■ **What the task asks**
For the word "after", state the number of lines in the data that contain it, and nothing else.

*** Opening Source data ***

//! One round of workers that look for a class that joins.
ghost use Rattle.std.specs.Prelude.{◌≡◌, ◌≤◌, length, IfOk, IfErr};
ghost use Rattle.sw_filter.specs.declared.filter.Mode.TheVariants.{Finish as FinishMode};
ghost use Rattle.sw_hand.specs.Hands.{search_of};
ghost use Rattle.sw_seek.specs.Seeking.{CanFinish, IsCause};
ghost use Rattle.sw_finish.specs.Finished.{IsFinished};
ghost use Rattle.std.specs.List.{AllByRecursion};
ghost use Rattle.sw_gather.specs.Gathers.{HasTokens};
ghost use Rattle.sw_finish.specs.Joins.{others_of};
ghost use Rattle.sw_finish.specs.Shares.{IsOneRound};

use crate::finding::Finder;
use crate::joining::Joined;
use sqlite_items::Items;
use std::alloc::{AllocError, Global};
use std::sync::Wait;
use std::thread::Threads;
use sw_claims::{ClaimSeat, Claims};
use sw_core::Record;
use sw_edge::Gate;
use sw_filter::{Candidates, Mode};
use sw_gather::gather;
use sw_hand::{Handed, Task};
use sw_logic::Formula;
use sw_meaning::Protocol;
use sw_pool::Pool;
use sw_seek::FinishError;
use sw_template::Body;
use sw_truth::Refutation;
use sw_walk::Walk;

/// A class that joins, with the refutations that show it, or the record of a search of every part
/// that found none.
#[derive(Drop)]
pub enum Finished {
    Joined {
        body: Body,
        start: Refutation,
        steps: Items<Refutation>,
    },
    Exhausted(Record),
}

/// How many seats there are besides the first: a worker alone uses that one itself.
fn others(workers: u32) -> u32
    ensures { result ≡ others_of workers }
{
    if workers == 1 { 0 } else { workers }
}

/// The record of a round of these shares, in which nothing was appended to a list of this length.
fn one_round(
    alloc: Global,
    pool: &Pool,
    log: usize,
    shares: &[Handed],
) -> Result<Record, AllocError>
    requires tokens { AllByRecursion (HasTokens pool.now) shares.now }
    ensures { IfOk result (IsOneRound log shares.now) }
{
    let Ok(log) = u32::try_from(log) else {
        return Err(AllocError);
    };
    let mut tokens = Vec::new(alloc);
    let round = gather(alloc, pool, log, &mut tokens, shares)?;
    let mut rounds = Items::new(alloc);
    rounds.push(round)?;
    Ok(Record {
        entries: Items::new(alloc),
        rounds,
    })
}

impl<'a, 'b, G: Gate + Sync, B: Candidates + Walk + Sync> Finder<'a, 'b, G, B> {
    ghost use Rattle.sw_finish.specs.Joins.{CanFind, IsOver, searched};

    /// The answer of workers that were joined. A stop alone is not what they came to: whoever wrote its
    /// reason found a class or met an error.
    fn conclude(
        &self,
        alloc: Global,
        claims: Claims,
        first: ClaimSeat,
        joined: Joined,
    ) -> Result<Finished, FinishError>
        requires can { CanFind B.template B.part_lists B.has B.formula_of self.now }
        requires over { IsOver (searched B.template self.now) self.now.task.now.pool.now self.now.entries.now self.now.budget claims first joined }
        ensures finished { IfOk result (IsFinished (searched B.template self.now) self.now.entries.now self.now.budget) }
        ensures cause { IfErr result (IsCause (searched B.template self.now) self.now.entries.now self.now.budget) }
    {
        match joined {
            Joined::Found { body, start, steps } => Ok(Finished::Joined { body, start, steps }),
            Joined::Failed(error) => Err(error),
            Joined::Stopped => {
                claims.close(first);
                unreachable!();
            }
            Joined::Whole(shares) => {
                claims.close(first);
                let record_ = one_round(
                    alloc,
                    self.task.pool,
                    self.entries.len(),
                    shares.as_slice(),
                )?;
                Ok(Finished::Exhausted(record_))
            }
        }
    }
}

/// Looks for a class that joins under the entries: `workers` workers draw the parts of the space and
/// share their filters. The gate is passed after each draw. A class that joins and an error stop the
/// others; where some worker found one, the answer is that of the least such worker, and else the
/// error of the least worker that met one.
pub fn finish<H: Threads + Wait + Sync, G: Gate + Sync, B: Candidates + Walk + Sync>(
    rt: &H,
    alloc: Global,
    protocol: &Protocol,
    space: &B,
    entries: &[Formula],
    workers: u32,
    budget: Option<u64>,
    gate: &G,
) -> Result<Finished, FinishError>
    requires workers { (1 ≤ workers) × (workers ≤ 64) }
    requires can { CanFinish protocol.now (B.template space.now) (B.part_lists space.now) (B.has space.now) (B.formula_of space.now) entries.now budget }
    requires few { length (B.part_lists space.now) ≤ 8589934592 }
    ensures finished { IfOk result (IsFinished (search_of protocol.now (B.template space.now) FinishMode workers) entries.now budget) }
    ensures cause { IfErr result (IsCause (search_of protocol.now (B.template space.now) FinishMode workers) entries.now budget) }
{
    let pool = Pool::new(alloc)?;
    let task = Task {
        protocol,
        space,
        pool: &pool,
        mode: Mode::Finish,
        workers,
        worker: 0,
    };
    let finder = Finder {
        task: &task,
        entries,
        budget,
        gate,
    };
    let seats = others(workers) + 1;
    let (claims, mut first) = Claims::new(alloc, space.parts(), seats)?;
    let joined = finder.find(rt, alloc, &claims, &mut first)?;
    finder.conclude(alloc, claims, first, joined)
}
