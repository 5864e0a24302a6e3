//! How the workers are joined.
ghost use Rattle.std.specs.Prelude.{◌≡◌, [], IfOk, Ok, Err};
ghost use Rattle.sw_seek.specs.declared.seeking.Sought.TheVariants.{Joins, Done, Stopped as SoughtStopped};
ghost use Rattle.sw_finish.specs.declared.joining.Joined.TheVariants.{Whole};
ghost use Rattle.sw_finish.specs.Joins.{with_answer};

use sqlite_items::Items;
use std::alloc::{AllocError, Global};
use sw_claims::ClaimSeat;
use sw_hand::Handed;
use sw_seek::{FinishError, Sought};
use sw_template::Body;
use sw_truth::Refutation;

/// What a worker hands back: its seat, and its answer.
#[derive(Drop)]
pub(crate) struct Report {
    pub(crate) seat: ClaimSeat,
    pub(crate) answer: Result<Sought, FinishError>,
}

/// What the workers that were joined came to: the first class that joins; else the first error; else a
/// stop; else the shares of all.
#[derive(Drop)]
pub(crate) enum Joined {
    Found {
        body: Body,
        start: Refutation,
        steps: Items<Refutation>,
    },
    Failed(FinishError),
    Stopped,
    Whole(Items<Handed>),
}

impl Joined {
    /// What no workers come to.
    pub(crate) fn new(alloc: Global) -> Joined
        ensures { result ≡ Whole [] }
    {
        Joined::Whole(Items::new(alloc))
    }

    fn with_found(self, body: Body, start: Refutation, steps: Items<Refutation>) -> Joined
        ensures { result ≡ with_answer self (Ok (Joins body start steps)) }
    {
        match self {
            Joined::Found { body, start, steps } => Joined::Found { body, start, steps },
            _ => Joined::Found { body, start, steps },
        }
    }

    fn with_error(self, error: FinishError) -> Joined
        ensures { result ≡ with_answer self (Err error) }
    {
        match self {
            Joined::Stopped => Joined::Failed(error),
            Joined::Whole(_) => Joined::Failed(error),
            decided => decided,
        }
    }

    fn with_stop(self, reason: u64) -> Joined
        ensures { result ≡ with_answer self (Ok (SoughtStopped reason)) }
    {
        match self {
            Joined::Whole(_) => Joined::Stopped,
            decided => decided,
        }
    }

    fn with_share(self, share: Handed) -> Result<Joined, AllocError>
        ensures { IfOk result (λ j. j ≡ with_answer self (Ok (Done share))) }
    {
        match self {
            Joined::Whole(shares) => {
                let mut shares = shares;
                shares.push(share)?;
                Ok(Joined::Whole(shares))
            }
            decided => Ok(decided),
        }
    }

    /// Takes one answer more.
    pub(crate) fn with(self, answer: Result<Sought, FinishError>) -> Result<Joined, AllocError>
        ensures { IfOk result (λ j. j ≡ with_answer self answer) }
    {
        match answer {
            Ok(Sought::Joins { body, start, steps }) => Ok(self.with_found(body, start, steps)),
            Ok(Sought::Done(share)) => self.with_share(share),
            Ok(Sought::Stopped(reason)) => Ok(self.with_stop(reason)),
            Err(error) => Ok(self.with_error(error)),
        }
    }
}
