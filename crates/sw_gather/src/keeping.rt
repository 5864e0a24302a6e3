//! Which filters of a worker stand in the record.
ghost use Rattle.std.specs.Prelude.{◌≡◌, ◌++◌, ◌∷◌, [], if◌then◌else◌, IfOk, map};
ghost use Rattle.std.specs.List.{AllByRecursion};
ghost use Rattle.sw_pool.specs.Pools.{IsShown, filter_of};
ghost use Rattle.sw_core.specs.Gathered.{chosen, filters_of};
ghost use Rattle.sw_gather.specs.Gathers.{AreKeptOf, HasTokens, shown_by};

use sqlite_items::{Items, at};
use std::alloc::{AllocError, Global};
use sw_core::{Kept, copy_kept};
use sw_hand::Handed;
use sw_pool::{Cursor, Pool, Seen};

/// The indexes of the filters that stand in the record already, or that one of the workers published.
fn published(alloc: Global, tokens: &[Seen], shares: &[Handed]) -> Result<Cursor, AllocError> {
    let mut cursor = Cursor::new(alloc);
    for token in tokens {
        cursor.note(token)?;
    }
    for share in shares {
        note_own(share, &mut cursor)?;
    }
    Ok(cursor)
}

fn note_own(share: &Handed, cursor: &mut Cursor) -> Result<(), AllocError> {
    for place in 0..share.tokens.len() {
        if let Some(own) = share.own.get(place) {
            if *own {
                cursor.note(&share.tokens[place])?;
            }
        }
    }
    Ok(())
}

/// Whether a filter stands in the record as this worker's: it published it, or none did that is known.
fn stands(cursor: &Cursor, own: Option<&bool>, token: &Seen) -> bool {
    match own {
        Some(own) => *own || !cursor.is_read(Pool::index(token) as usize),
        None => true,
    }
}

/// Of each of a worker's filters, whether it stands in the record as this worker's.
fn marks_of(alloc: Global, cursor: &Cursor, share: &Handed) -> Result<Vec<bool>, AllocError> {
    let mut marks = Vec::new(alloc);
    for place in 0..share.tokens.len() {
        let mark = stands(cursor, share.own.get(place), &share.tokens[place]);
        marks.push(mark)?;
    }
    Ok(marks)
}

/// Adds a filter and its token where they are marked.
fn keep_where(
    alloc: Global,
    mark: bool,
    one: &Kept,
    token: &Seen,
    tokens: &mut Vec<Seen>,
    kept: &mut Items<Kept>,
) -> Result<(), AllocError>
    ensures kept { IfOk result (λ _. kept.new ≡ kept.old ++ (if mark then one.now ∷ [] else [])) }
    ensures tokens { IfOk result (λ _. tokens.new.items ≡ tokens.old.items ++ (if mark then token.now ∷ [] else [])) }
{
    if mark {
        kept.push(copy_kept(alloc, one)?)?;
        tokens.push(token.again())?;
    }
    Ok(())
}

/// Adds the filters of a worker that are marked, and their tokens.
fn keep_marked(
    alloc: Global,
    pool: &Pool,
    marks: &[bool],
    share: &Handed,
    tokens: &mut Vec<Seen>,
    kept: &mut Items<Kept>,
) -> Result<(), AllocError>
    requires tokens { HasTokens pool.now share.now }
    requires shown { AllByRecursion (IsShown pool.now) tokens.old.items }
    ensures kept { IfOk result (λ _. kept.new ≡ kept.old ++ chosen marks.now share.now.kept) }
    ensures filters { IfOk result (λ _. shown_by tokens.new.items ≡ shown_by tokens.old.items ++ filters_of (chosen marks.now share.now.kept)) }
    ensures shown { IfOk result (λ _. AllByRecursion (IsShown pool.now) tokens.new.items) }
{
    for place in 0..share.kept.len() {
        let Some(mark) = at(marks, place) else {
            return Err(AllocError);
        };
        let (Some(one), Some(token)) = (share.kept.get(place), at(&share.tokens, place)) else {
            return Err(AllocError);
        };
        keep_where(alloc, *mark, one, token, tokens, kept)?;
    }
    Ok(())
}

/// The filters of the workers that stand in the record, each of which is put behind the tokens too. A
/// filter that a worker found is left out where the record has it, or its publisher is among the workers.
pub(crate) fn keep_all(
    alloc: Global,
    pool: &Pool,
    tokens: &mut Vec<Seen>,
    shares: &[Handed],
) -> Result<Items<Kept>, AllocError>
    requires tokens { AllByRecursion (HasTokens pool.now) shares.now }
    requires shown { AllByRecursion (IsShown pool.now) tokens.old.items }
    ensures kept { IfOk result (AreKeptOf shares.now) }
    ensures filters { IfOk result (λ kept. shown_by tokens.new.items ≡ shown_by tokens.old.items ++ filters_of kept) }
    ensures shown { IfOk result (λ _. AllByRecursion (IsShown pool.now) tokens.new.items) }
{
    let cursor = published(alloc, tokens, shares)?;
    let mut kept = Items::new(alloc);
    for share in shares {
        let marks = marks_of(alloc, &cursor, share)?;
        keep_marked(alloc, pool, &marks, share, tokens, &mut kept)?;
    }
    Ok(kept)
}
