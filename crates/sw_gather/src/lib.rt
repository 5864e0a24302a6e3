//! The record of a round, from what its workers hand back: a filter that one worker published and others
//! used stands in it once.
#![tactic(auto)]

pub mod gathering;
mod keeping;
mod merging;

pub use gathering::gather;
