//! The record of a round.
ghost use Rattle.std.specs.Prelude.{◌≡◌, ◌≤◌, IfOk, length, map};
ghost use Rattle.std.specs.List.{AllByRecursion};
ghost use Rattle.sw_pool.specs.Pools.{IsShown};
ghost use Rattle.sw_gather.specs.Gathers.{AreSettledOf, HasTokens, IsRoundOf, shown_by};

use crate::keeping::keep_all;
use crate::merging::{merged_all, places_of, table_of};
use sqlite_items::Items;
use std::alloc::{AllocError, Global};
use sw_core::{Round, Settled};
use sw_hand::Handed;
use sw_pool::{Pool, Seen};

/// The settlements of all workers, with their places among all filters.
fn settle_all(
    alloc: Global,
    pool: &Pool,
    before: u32,
    tokens: &[Seen],
    shares: &[Handed],
) -> Result<Items<Settled>, AllocError>
    requires tokens { AllByRecursion (HasTokens pool.now) shares.now }
    requires shown { AllByRecursion (IsShown pool.now) tokens.now }
    ensures { IfOk result (AreSettledOf before (shown_by tokens.now) shares.now) }
{
    let table = table_of(alloc, tokens)?;
    let mut all = Items::new(alloc);
    for share in shares {
        let places = places_of(alloc, pool, &table, tokens, &share.tokens)?;
        all.append(merged_all(alloc, before, &places, share.settled.as_slice())?)?;
    }
    Ok(all)
}

/// The parts that each worker drew.
fn draw_all(alloc: Global, shares: &[Handed]) -> Result<Items<Items<u64>>, AllocError>
    ensures { IfOk result (λ all. all ≡ map (λ h. h.drawn) shares.now) }
{
    let mut all = Items::new(alloc);
    for share in shares {
        all.push(Items::from_slice(alloc, share.drawn.as_slice())?)?;
    }
    Ok(all)
}

/// The record of a round of these shares, after the filters that the tokens show and with the log's
/// length at its end. The tokens show the filters of the round too then.
pub fn gather(
    alloc: Global,
    pool: &Pool,
    log: u32,
    tokens: &mut Vec<Seen>,
    shares: &[Handed],
) -> Result<Round, AllocError>
    requires tokens { AllByRecursion (HasTokens pool.now) shares.now }
    requires shown { AllByRecursion (IsShown pool.now) tokens.old.items }
    ensures round { IfOk result (IsRoundOf (shown_by tokens.old.items) log shares.now (shown_by tokens.new.items)) }
    ensures shown { IfOk result (λ _. AllByRecursion (IsShown pool.now) tokens.new.items) }
{
    let Ok(before) = u32::try_from(tokens.len()) else {
        return Err(AllocError);
    };
    let kept = keep_all(alloc, pool, tokens, shares)?;
    let settled = settle_all(alloc, pool, before, tokens, shares)?;
    let drawn = draw_all(alloc, shares)?;
    Ok(Round {
        drawn,
        kept,
        settled,
        log,
    })
}
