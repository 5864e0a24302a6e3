//! Functions with nothing to do, whose contracts are laws.
ghost use Rattle.sw_ground_laws.specs.Laws.{GroundIsOne, RefutationHasOneVerdict};

use sw_refute::laws::steps_have_one_verdict;

/// Instances have one list of clauses.
pub fn ground_is_one()
    ensures { GroundIsOne }
{}

/// A refutation has one verdict for its query.
pub fn refutation_has_one_verdict()
    ensures { RefutationHasOneVerdict }
{
    steps_have_one_verdict();
}
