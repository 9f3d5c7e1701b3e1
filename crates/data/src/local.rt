// The records of local variables: locals, and variables relative to a register.
ghost use Rattle.std.specs.Prelude.{◌≡◌};
ghost use Rattle.records.specs.Decoded.{decoded_as};
ghost use Rattle.records.specs.declared.SymbolData.TheVariants as SymbolData;
ghost use Rattle.data.specs.Local.{local, register_relative};

use common::Refusal;
use common::buffer::ParseBuffer;
use names::parse_symbol_name;
use records::flags::LocalVariableFlags;
use records::{LocalSymbol, RegisterRelativeSymbol};

#[inline(always)]
pub fn parse_local(mut buf: ParseBuffer, kind: u16) -> Result<(LocalSymbol, usize), Refusal>
    ensures { decoded_as SymbolData.Local result ≡ local kind buf.entry.bytes.now buf.entry.pos }
{
    let local = LocalSymbol {
        type_index: buf.parse()?,
        flags: LocalVariableFlags::from(buf.parse::<u16>()?),
        name: parse_symbol_name(&mut buf, kind)?,
    };
    Ok((local, buf.pos))
}

#[inline(always)]
pub fn parse_register_relative(
    mut buf: ParseBuffer,
    kind: u16,
) -> Result<(RegisterRelativeSymbol, usize), Refusal>
    ensures { decoded_as SymbolData.RegisterRelative result ≡ register_relative kind buf.entry.bytes.now buf.entry.pos }
{
    let register_relative = RegisterRelativeSymbol {
        offset: buf.parse()?,
        type_index: buf.parse()?,
        register: buf.parse()?,
        name: parse_symbol_name(&mut buf, kind)?,
    };
    Ok((register_relative, buf.pos))
}
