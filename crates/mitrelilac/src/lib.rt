// The library for C: the operations behind plain calls on lent bytes and numbers. Crate mitrelilac_c exports them.
//
// A call that answers returns 0 and writes its words to those lent to it, from place 0 on; one that refuses returns the number of the
// refusal and writes two, position and detail. Every other word stays as it was. No call keeps a reference or allocates.
//
// Module `condition3`: what is proved of the check and the finders together.
#![tactic(auto)]

pub mod condition3;

ghost use Rattle.std.specs.Prelude.{◌≡◌, length};
ghost use Rattle.constants.specs.Raw.{raw_kind};
ghost use Rattle.symbol.specs.Decode.{decode};
ghost use Rattle.symbol.specs.Name.{name_of};
ghost use Rattle.symbol.specs.Entry.{register_entry};
ghost use Rattle.annotations.specs.Annotation.{annotation};
ghost use Rattle.iter.specs.Step.{step_of};
ghost use Rattle.check_nesting.specs.Check.{check_of};
ghost use Rattle.walk.specs.Walk.{walk_of};
ghost use Rattle.jump.specs.Jump.{jump_of};
ghost use Rattle.climb.specs.Climb.{climb_of};
ghost use Rattle.squeezing.specs.Squeeze.{squeezed, squeeze_of, buffer_by};
ghost use Rattle.squeezing.specs.Preview.{preview_of};
ghost use Rattle.reply.specs.Reply.{Replied};
ghost use Rattle.reply.specs.Replies.{step_reply, kind_reply, decode_reply, name_reply, entry_reply, annotation_reply, check_reply, finding_reply, squeeze_reply, preview_reply};
ghost use Rattle.mitrelilac.specs.Exported.{call, SumsUp, CallMovesOn, CallSqueezes, CallForetells};

use records::Decoded;

/// One step from a position. End: 0, position. A record: 1, index, where its bytes start, how many they are, next position.
pub fn mitrelilac_step(stream: &[u8], position: usize, out: &mut [u64; 5]) -> u32
    ensures { Replied (step_reply (step_of stream.now position)) result out.old out.new }
{
    reply::reply_step(iter::step(stream, position), out)
}

/// The kind of a record, 1 if it opens a scope (to pdb, which leaves S_LPROC32_ID out), 1 if it closes one. Never refuses.
pub fn mitrelilac_kind(rec: &[u8], out: &mut [u64; 3]) -> u32
    ensures { Replied (kind_reply (raw_kind rec.now)) result out.old out.new }
{
    let kind = constants::kind::raw_kind(rec);
    let opener = constants::kind::starts_scope(rec);
    let closer = constants::kind::ends_scope(rec);
    reply::answer(out, [kind as u64, opener as u64, closer as u64])
}

/// A record decoded: the number of its class, the bytes consumed, and its fields.
#[tactic(auto, unfolding(symbol::specs::Decode::decode))]
pub fn mitrelilac_decode(rec: &[u8], out: &mut [u64; 24]) -> u32
    ensures { Replied (decode_reply (decode rec.now)) result out.old out.new }
{
    symbol::decode_to!(rec, reply_decoded, out)
}

/// The reply to what decode answers: the words of the record, or the refusal.
#[inline(always)]
fn reply_decoded(decoded: Decoded, out: &mut [u64; 24]) -> u32
    ensures { Replied (decode_reply decoded) result out.old out.new }
{
    match &decoded {
        Ok((d, consumed)) => {
            record_words::write_record(d, *consumed, out);
            0
        }
        Err(e) => reply::refuse(out, *e),
    }
}

/// The name of a record: 1, where it starts, how long it is; 0, 0, 0 where there is none.
pub fn mitrelilac_name(rec: &[u8], out: &mut [u64; 3]) -> u32
    ensures { Replied (name_reply (name_of rec.now)) result out.old out.new }
{
    reply::reply_name(symbol::name::name(rec), out)
}

/// The entry k of a register list, from 0 on: the register, where its name starts, how long it is.
pub fn mitrelilac_register_entry(rec: &[u8], k: usize, out: &mut [u64; 3]) -> u32
    ensures { Replied (entry_reply (register_entry rec.now k)) result out.old out.new }
{
    reply::reply_entry(symbol::register_entry::register_entry(rec, k), out)
}

/// The instruction at a position in the annotations of an inline site: 1, its code, its operands, the next position; 0 alone where they
/// are done.
#[tactic(auto, using(crate::proofs::Exported::call_moves_on))]
pub fn mitrelilac_annotation(annotations: &[u8], position: usize, out: &mut [u64; 5]) -> u32
    ensures replied { Replied (annotation_reply (annotation annotations.now position)) result out.old out.new }
    ensures moves_on { CallMovesOn annotations.now position (call result out.new) }
{
    reply::annotation::reply_annotation(annotations::annotation(annotations, position), out)
}

/// The nesting check from a start: records read and their bytes, fillers passed over and theirs, openers, deepest nesting.
#[tactic(auto, using(crate::proofs::Exported::sums_up))]
pub fn mitrelilac_check(stream: &[u8], start: usize, out: &mut [u64; 6]) -> u32
    ensures replied { Replied (check_reply (check_of stream.now start)) result out.old out.new }
    ensures sums_up { SumsUp stream.now start (call result out.new) }
{
    reply::reply_check(check_nesting::check(stream, start), out)
}

/// The scopes that enclose the record at i, by steps from a start: the number of records read, how many scopes there are, and 64 places
/// that list them, the outermost first, 0 behind them.
pub fn mitrelilac_walk(stream: &[u8], start: usize, i: usize, out: &mut [u64; 66]) -> u32
    ensures { Replied (finding_reply (walk_of stream.now start i)) result out.old out.new }
{
    reply::reply_chain(walk::walk(stream, start, i), out)
}

/// As walking, but scopes that close before i are jumped over.
pub fn mitrelilac_jump(stream: &[u8], start: usize, i: usize, out: &mut [u64; 66]) -> u32
    ensures { Replied (finding_reply (jump_of stream.now start i)) result out.old out.new }
{
    reply::reply_chain(jump::jump(stream, start, i), out)
}

/// The scopes that enclose the opener at i, by parent fields: the number of links, then as walking, but the innermost first.
pub fn mitrelilac_climb(stream: &[u8], i: usize, out: &mut [u64; 66]) -> u32
    ensures { Replied (finding_reply (climb_of stream.now i)) result out.old out.new }
{
    reply::reply_chain(climb::climb(stream, i), out)
}

/// The stream written anew without fillers, save those before the first record kept, into a lent buffer: the length written.
pub fn mitrelilac_squeeze(stream: &[u8], start: usize, buffer: &mut [u8], out: &mut [u64; 2]) -> u32
    ensures replied { Replied (squeeze_reply (squeeze_of stream.now start (length buffer.old))) result out.old out.new }
    ensures buffer { buffer.new ≡ buffer_by (squeeze_of stream.now start (length buffer.old)) (squeezed stream.now start) buffer.old }
    ensures squeezes { CallSqueezes stream.now start (call result out.new) buffer.new }
{
    reply::reply_squeeze(squeezing::squeeze(stream, start, buffer), out)
}

/// What the squeeze would give: the length, how many fillers it would drop, and where the record at i would begin.
pub fn mitrelilac_preview(stream: &[u8], start: usize, i: usize, out: &mut [u64; 3]) -> u32
    ensures replied { Replied (preview_reply (preview_of stream.now start i)) result out.old out.new }
    ensures foretells { CallForetells stream.now start i (call result out.new) }
{
    reply::reply_preview(squeezing::preview(stream, start, i), out)
}
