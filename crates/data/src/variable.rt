// The records of register variables, constants and types.
ghost use Rattle.std.specs.Prelude.{◌≡◌};
ghost use Rattle.records.specs.Decoded.{decoded_as};
ghost use Rattle.records.specs.declared.SymbolData.TheVariants as SymbolData;
ghost use Rattle.data.specs.Variable.{register_variable, user_defined_type, constant};

use common::Refusal;
use common::buffer::ParseBuffer;
use constants::S_MANCONSTANT;
use names::parse_symbol_name;
use records::{ConstantSymbol, RegisterVariableSymbol, UserDefinedTypeSymbol};
use variant::parse_variant;

#[inline(always)]
pub fn parse_register_variable(
    mut buf: ParseBuffer,
    kind: u16,
) -> Result<(RegisterVariableSymbol, usize), Refusal>
    ensures { decoded_as SymbolData.RegisterVariable result ≡ register_variable kind buf.entry.bytes.now buf.entry.pos }
{
    let register_variable = RegisterVariableSymbol {
        type_index: buf.parse()?,
        register: buf.parse()?,
        name: parse_symbol_name(&mut buf, kind)?,
    };
    Ok((register_variable, buf.pos))
}

#[inline(always)]
pub fn parse_constant(mut buf: ParseBuffer, kind: u16) -> Result<(ConstantSymbol, usize), Refusal>
    ensures { decoded_as SymbolData.Constant result ≡ constant kind buf.entry.bytes.now buf.entry.pos }
{
    let constant = ConstantSymbol {
        managed: kind == S_MANCONSTANT,
        type_index: buf.parse()?,
        value: parse_variant(&mut buf)?,
        name: parse_symbol_name(&mut buf, kind)?,
    };
    Ok((constant, buf.pos))
}

#[inline(always)]
pub fn parse_user_defined_type(
    mut buf: ParseBuffer,
    kind: u16,
) -> Result<(UserDefinedTypeSymbol, usize), Refusal>
    ensures { decoded_as SymbolData.UserDefinedType result ≡ user_defined_type kind buf.entry.bytes.now buf.entry.pos }
{
    let user_defined_type = UserDefinedTypeSymbol {
        type_index: buf.parse()?,
        name: parse_symbol_name(&mut buf, kind)?,
    };
    Ok((user_defined_type, buf.pos))
}
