// The records of variables that lie in memory: data and thread storage.
ghost use Rattle.std.specs.Prelude.{◌≡◌};
ghost use Rattle.records.specs.Decoded.{decoded_as};
ghost use Rattle.records.specs.declared.SymbolData.TheVariants as SymbolData;
ghost use Rattle.data.specs.Storage.{data_item, thread_storage};

use common::Refusal;
use common::buffer::ParseBuffer;
use constants::{
    S_GDATA32, S_GDATA32_ST, S_GMANDATA, S_GMANDATA_ST, S_GTHREAD32, S_GTHREAD32_ST, S_LMANDATA,
    S_LMANDATA_ST,
};
use names::parse_symbol_name;
use records::field::parse_place;
use records::{DataSymbol, ThreadStorageSymbol};

#[inline(always)]
pub fn parse_data(mut buf: ParseBuffer, kind: u16) -> Result<(DataSymbol, usize), Refusal>
    ensures { decoded_as SymbolData.Data result ≡ data_item kind buf.entry.bytes.now buf.entry.pos }
{
    let data = DataSymbol {
        global: matches!(kind, S_GDATA32 | S_GDATA32_ST | S_GMANDATA | S_GMANDATA_ST),
        managed: matches!(
            kind,
            S_LMANDATA | S_LMANDATA_ST | S_GMANDATA | S_GMANDATA_ST
        ),
        type_index: buf.parse()?,
        offset: parse_place(&mut buf)?,
        name: parse_symbol_name(&mut buf, kind)?,
    };
    Ok((data, buf.pos))
}

#[inline(always)]
pub fn parse_thread_storage(
    mut buf: ParseBuffer,
    kind: u16,
) -> Result<(ThreadStorageSymbol, usize), Refusal>
    ensures { decoded_as SymbolData.ThreadStorage result ≡ thread_storage kind buf.entry.bytes.now buf.entry.pos }
{
    let thread_storage = ThreadStorageSymbol {
        global: matches!(kind, S_GTHREAD32 | S_GTHREAD32_ST),
        type_index: buf.parse()?,
        offset: parse_place(&mut buf)?,
        name: parse_symbol_name(&mut buf, kind)?,
    };
    Ok((thread_storage, buf.pos))
}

*** Closing Source data ***

■ **Answer to the problem**
2